Tussen 2000 en 2005 is het aandeel economisch zelfstandigen gelijk gebleven. De verschillen tussen mannen en vrouwen zijn daarbij wel duidelijk kleiner geworden. Het aandeel economisch zelfstandige mannen is gedaald, terwijl dit bij vrouwen juist is toegenomen.

Aandeel economisch zelfstandige mannen en vrouwen

Aandeel economisch zelfstandige mannen en vrouwen

Economische zelfstandigheid blijft gelijk

In 2005 waren er bijna 11 miljoen mensen in Nederland tussen 15 en 65 jaar oud. Van hen was 55 procent economisch zelfstandig. In 2000 lag het aandeel economisch zelfstandigen even hoog.

Verschil tussen mannen en vrouwen neemt af

Bij mannen en vrouwen was sprake van een uiteenlopende ontwikkeling. Zo daalde het aandeel economisch zelfstandige mannen van 71 procent in 2000 naar 68 procent in 2005. Bij vrouwen was juist sprake van een stijging van 39 procent in 2000 naar 42 procent in 2005. Het verschil is in deze periode dus kleiner geworden.

De verschillen in het aandeel economisch zelfstandige mannen en vrouwen kunnen deels verklaard worden door traditionele rolpatronen. Zo gaat een groot deel van de vrouwen al voor hun dertigste minder werken of stopt met werken vanwege de zorg voor jonge kinderen, terwijl het merendeel van de mannen blijft werken.
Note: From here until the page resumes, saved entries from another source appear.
//! Disks of version 1, byte by byte: what they stand for, and what the first change makes of them.

use crate::fixtures::recorded;
use crate::refreshes::client_on;
use crate::requests::{answers, started, stopped_in};
use iot_disk::{Disk, MemDisk, Pick};
use iot_server::StartFault;
use iot_store::{ImageFault, Store};
use iot_text::Path;
use std::alloc::Global;
use std::process::Abort;
use std::test::Fail;

/// A server's disk. The checkpoint is of one commit, which put `hi` into `/f`; the file has no mode. The record is of a second one, which
/// made `/d`.
const OLD: &[u8] = b"\xa5IOTSLOT1\xa5\0\0\0\0\0\0\0\x01\0\0\0\0\0\0\0\x2b\
    \0\0\0\0\0\0\0\0\0\0\0\0\0\0\0\0\0\
    \0\0\0\0\0\0\0\x77\
    \0\0\0\0\0\0\0\x02\0\0\0\0\0\0\0\0\x01\
    \0\0\0\0\0\0\0\x01\0\0\0\0\0\0\0\x01f\x02\0\0\0\0\0\0\0\x02hi\
    \0\0\0\0\0\0\0\x01\0\0\0\0\0\0\0\0\0\0\0\0\0\0\0\x01\0\0\0\0\0\0\0\x01e\0\0\0\0\0\0\x10\0\x01\0\0\0\0\0\0\0\0\
    \0\0\0\0\0\0\0\x02\0\0\0\0\0\0\0\x02\0\0\0\0\0\0\0\x02\
    \0\0\0\0\0\0\0\x01\
    \xa5\0\0\0\0\0\0\0\x82\
    \x02\0\0\0\0\0\0\0\0\0\0\0\0\0\0\0\x02\0\0\0\0\0\0\0\x01e\0\0\0\0\0\0\x10\0\x01\0\0\0\0\0\0\0\0\
    \0\0\0\0\0\0\0\x02\
    \x01\0\0\0\0\0\0\0\x01\0\0\0\0\0\0\0\x01d\x02\0\0\0\0\0\0\0\x01\
    \x01\0\0\0\0\0\0\0\0\x03\0\0\0\0\0\0\0\x02\
    \0\0\0\0\0\0\0\x01\x02\0\0\0\0\0\0\0\x01\0\0\0\0\0\0\0\x01d\0\0\0\0\0\0\0\0\
    \0";

/// What it is upgraded into: one checkpoint, after two records, with a byte for the mode of `/f`.
const UPGRADED: &[u8] = b"\xa5IOTSLOT1\xa5\0\0\0\0\0\0\0\x01\x80\0\0\0\0\0\0\x2b\
    \0\0\0\0\0\0\0\0\0\0\0\0\0\0\0\0\0\
    \0\0\0\0\0\0\0\xbc\
    \0\0\0\0\0\0\0\x03\0\0\0\0\0\0\0\0\x01\
    \0\0\0\0\0\0\0\x01\0\0\0\0\0\0\0\x01d\x01\
    \0\0\0\0\0\0\0\x01\0\0\0\0\0\0\0\x01f\x02\0\0\0\0\0\0\0\0\x02hi\
    \0\0\0\0\0\0\0\x02\0\0\0\0\0\0\0\0\0\0\0\0\0\0\0\x01\0\0\0\0\0\0\0\x01e\0\0\0\0\0\0\x10\0\x01\0\0\0\0\0\0\0\0\
    \0\0\0\0\0\0\0\0\0\0\0\0\0\0\0\x02\0\0\0\0\0\0\0\x01e\0\0\0\0\0\0\x10\0\x01\0\0\0\0\0\0\0\0\
    \0\0\0\0\0\0\0\x03\0\0\0\0\0\0\0\x03\0\0\0\0\0\0\0\x03\0\0\0\0\0\0\0\x02\
    \0\0\0\0\0\0\0\x02\
    \0";

/// Client 0 asks that its transaction 3 be committed, which makes `/g`.
const THIRD: &[u8] =
    b"\x02\0\0\0\0\0\0\0\0\0\0\0\0\0\0\0\x03\0\0\0\0\0\0\0\x01e\0\0\0\0\0\0\x10\0\x01\0\0\0\0\0\0\0\0\
    \0\0\0\0\0\0\0\x02\
    \x01\0\0\0\0\0\0\0\x01\0\0\0\0\0\0\0\x01g\x02\0\0\0\0\0\0\0\x01\
    \x01\0\0\0\0\0\0\0\0\x03\0\0\0\0\0\0\0\x02\
    \0\0\0\0\0\0\0\x01\x02\0\0\0\0\0\0\0\x01\0\0\0\0\0\0\0\x01g\0\0\0\0\0\0\0\0";

const COMMITTED: &[u8] = b"\x02\0\0\0\0\0\0\0\x03";

const ALREADY: &[u8] = b"\x03\0\0\0\0\0\0\0\x03";

/// A server's disk of version 2 with a record of a transaction that asked for the mode of `/d`, where nothing is.
const ASKS_A_MODE: [u8; 204] = *b"\xa5IOTSLOT1\xa5\0\0\0\0\0\0\0\x01\x80\0\0\0\0\0\0\x2b\
    \0\0\0\0\0\0\0\0\0\0\0\0\0\0\0\0\0\
    \0\0\0\0\0\0\0\x29\
    \0\0\0\0\0\0\0\x01\0\0\0\0\0\0\0\0\x01\
    \0\0\0\0\0\0\0\0\
    \0\0\0\0\0\0\0\x01\0\0\0\0\0\0\0\x01\
    \0\0\0\0\0\0\0\0\
    \xa5\0\0\0\0\0\0\0\x5e\
    \x02\0\0\0\0\0\0\0\0\0\0\0\0\0\0\0\x01\0\0\0\0\0\0\0\x01e\0\0\0\0\0\0\x10\0\x01\0\0\0\0\0\0\0\0\
    \0\0\0\0\0\0\0\x01\x04\0\0\0\0\0\0\0\x01\0\0\0\0\0\0\0\x01d\x02\0\0\0\0\0\0\0\x01\
    \0\0\0\0\0\0\0\0\0\0\0\0\0\0\0\0\
    \0";

#[test]
fn an_old_disk_stands_for_a_state_and_is_only_read(rt: HostRuntime) -> Result<(), Fail> {
    let alloc = rt.alloc();
    let path = Path::parse(alloc, b"/f")?;
    let server = started(alloc, MemDisk::of(alloc, OLD.to_vec(alloc)?)?)?;
    assert_eq!(rt; server.store().number(), 2);
    assert_eq!(rt;
        server.store().tree().content(&path),
        Some(b"hi".as_slice())
    );
    assert_eq!(rt; server.into_disks().0.bytes(), OLD);
    Ok(())
}

/// The disk fails at this call of the first commit on it. The server starts again, and is asked again.
fn stops_in_the_first_commit<D: Disk + Drop>(
    rt: &impl Abort,
    alloc: Global,
    disk: D,
    calls: u64,
    pick: Pick,
) -> Result<(), Fail> {
    let mut server = stopped_in(rt, alloc, disk, THIRD, calls, pick)?;
    // Seven calls are of the checkpoint, and two more come before the gate of the record.
    let kept = calls > 9 && pick != Pick::Old;
    assert_eq!(rt;
        server.store().number(),
        2 + u64::from(kept),
        "call {calls}"
    );
    let reply = if kept { ALREADY } else { COMMITTED };
    answers(rt, alloc, &mut server, THIRD, reply)
}

#[test]
fn the_first_commit_on_it_is_kept_or_lost(rt: HostRuntime) -> Result<(), Fail> {
    let alloc = rt.alloc();
    for calls in 1..12 {
        for pick in [Pick::Old, Pick::New, Pick::Fill(165)] {
            let disk = MemDisk::of(alloc, OLD.to_vec(alloc)?)?;
            stops_in_the_first_commit(&rt, alloc, disk, calls, pick)?;
        }
    }
    Ok(())
}

#[test]
fn after_it_the_disk_is_of_version_2(rt: HostRuntime) -> Result<(), Fail> {
    let alloc = rt.alloc();
    let mut server = started(alloc, MemDisk::of(alloc, OLD.to_vec(alloc)?)?)?;
    answers(&rt, alloc, &mut server, THIRD, COMMITTED)?;
    let disk = server.into_disks().0;
    // Cell 1 is in force, and names the end of the old disk.
    assert_eq!(rt;
        &disk.bytes()[26..43],
        b"\xa5\0\0\0\0\0\0\0\x02\x80\0\0\0\0\0\x01\x3e".as_slice()
    );
    assert_eq!(rt; started(alloc, disk)?.store().number(), 3);
    Ok(())
}

#[test]
fn an_upgrade_keeps_the_state_and_the_count(rt: HostRuntime) -> Result<(), Fail> {
    let alloc = rt.alloc();
    for image in [OLD, UPGRADED] {
        let upgraded = Store::<MemDisk>::upgrade(alloc, image)?;
        assert_eq!(rt; upgraded.as_slice(), UPGRADED);
    }
    let cut = Store::<MemDisk>::upgrade(alloc, &OLD[..317]);
    assert!(rt; matches!(cut, Err(ImageFault::Damaged { at: 178 })));
    Ok(())
}

/// The number of commits of a server that starts from this disk.
fn commits_on<D: Disk + Drop>(alloc: Global, disk: D) -> Result<u64, StartFault> {
    let server = started(alloc, disk)?;
    Ok(server.store().number())
}

#[test]
fn version_1_knows_no_modes(rt: HostRuntime) -> Result<(), Fail> {
    let alloc = rt.alloc();
    for (mark, want) in [(0x80, Ok(1)), (0, Err(StartFault::Damaged { at: 100 }))] {
        let mut bytes = ASKS_A_MODE;
        bytes[18] = mark;
        let disk = MemDisk::of(alloc, bytes.to_vec(alloc)?)?;
        assert_eq!(rt; commits_on(alloc, disk), want);
    }
    Ok(())
}

/// The number of records of a client that starts from this disk.
fn records_on<D: Disk + Drop>(alloc: Global, disk: D) -> Result<u64, StartFault> {
    let client = client_on(alloc, disk)?;
    Ok(client.records())
}

#[test]
fn a_client_has_version_2_alone(rt: HostRuntime) -> Result<(), Fail> {
    let alloc = rt.alloc();
    // A disk from before has another header; and no cell with this one is of version 1.
    for (at, byte, want) in [
        (18, 0x80, Ok(0)),
        (8, b'1', Err(StartFault::Foreign)),
        (18, 0, Err(StartFault::Damaged { at: 43 })),
    ] {
        let mut bytes = recorded(alloc, &[], None)?;
        if let Some(old) = bytes.get_mut(at) {
            *old = byte;
        }
        assert_eq!(rt; records_on(alloc, MemDisk::of(alloc, bytes)?), want);
    }
    Ok(())
}
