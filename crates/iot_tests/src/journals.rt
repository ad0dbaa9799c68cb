//! Journals whose device calls stop, and disks that something else wrote.
ghost use Rattle.std.specs.Prelude.{IfOk};
ghost use Rattle.iot_journal.specs.Journal.{IsSynced};

use iot_disk::{Disk, JournalFault, MemDisk, Pick, StartFault};
use iot_journal::Journal;
use std::alloc::Global;
use std::process::Abort;
use std::test::Fail;

/// A journal with the body "ab" and no more.
const ONE: [u8; 21] = *b"\xa5IOTJRNL1\xa5\0\0\0\0\0\0\0\x02ab\0";

/// A journal that is started after a restart, and the number of its bodies.
fn started<D: Disk + Drop>(alloc: Global, mut disk: D) -> Result<(Journal<D>, u64), StartFault>
    ensures { IfOk result (λ made. IsSynced D.medium made.0) }
{
    disk.restart();
    match Journal::start(alloc, disk) {
        Ok((journal, bodies)) => Ok((journal, bodies.len() as u64)),
        Err((_, fault)) => Err(fault),
    }
}

/// The disk fails at this call of an append, and comes back. There is no call with the number 0.
fn stops_in_an_append<D: Disk + Drop>(
    rt: &impl Abort,
    alloc: Global,
    disk: D,
    calls: u64,
    pick: Pick,
) -> Result<D, StartFault> {
    let (mut journal, _) = started(alloc, disk)?;
    journal.arm(calls, pick);
    let want = if calls == 0 {
        Ok(())
    } else {
        Err(JournalFault::Stopped)
    };
    assert_eq!(rt; journal.append(b"ab"), want);
    let written = calls == 0 || calls > 2 && pick != Pick::Old;
    let (journal, count) = started(alloc, journal.into_disk())?;
    assert_eq!(rt; count, u64::from(written), "call {calls}");
    Ok(journal.into_disk())
}

#[test]
fn an_append_is_whole_or_not_at_all(rt: HostRuntime) -> Result<(), Fail> {
    let alloc = rt.alloc();
    for calls in 0..5 {
        for pick in [Pick::Old, Pick::New, Pick::Fill(165)] {
            let disk = stops_in_an_append(&rt, alloc, MemDisk::new(alloc), calls, pick)?;
            assert!(rt; calls != 0 || disk.bytes() == ONE.as_slice());
        }
    }
    Ok(())
}

#[test]
fn other_bytes_are_refused(rt: HostRuntime) -> Result<(), Fail> {
    let alloc = rt.alloc();
    for at in 0..ONE.len() {
        let mut bytes = ONE;
        bytes[at] ^= 64;
        let flipped = MemDisk::of(alloc, bytes.to_vec(alloc)?)?;
        let want = match at {
            0 | 9 => Ok(0),
            1..=8 => Err(StartFault::Foreign),
            10..=17 => Err(StartFault::Damaged { at: 9 }),
            _ => Ok(1),
        };
        let found = started(alloc, flipped).map(|(_, count)| count);
        assert_eq!(rt; found, want, "flipped at {at}");
    }
    Ok(())
}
Door veranderingen in deze rolpatronen melden vrouwen zich tegenwoordig echter vaker op de arbeidsmarkt. Hierdoor is de kloof tussen het aandeel economisch zelfstandige mannen en vrouwen kleiner geworden.

Economische zelfstandigheid

Economische zelfstandigheid

Sterke stijging bij ouderen

Ook voor de verschillende leeftijdsgroepen lopen de ontwikkelingen sterk uiteen. Zowel bij mannen als bij vrouwen tot 30 jaar nam de economische zelfstandigheid tussen 2000 en 2005 af. Dit komt doordat de werkloosheid in deze periode is gestegen en daarbij vooral jongeren relatief sterk trof. Ook is er een trend dat jongeren langer en meer een opleiding volgen.

In de leeftijdsgroep van 30 tot 55 jaar was er een tegengestelde ontwikkeling bij mannen en vrouwen te zien. Zo daalde het aandeel economisch zelfstandige mannen in deze groep van 87 procent in 2000 naar 85 procent in 2005, terwijl er bij vrouwen juist een stijging zichtbaar was van 46 naar 52 procent.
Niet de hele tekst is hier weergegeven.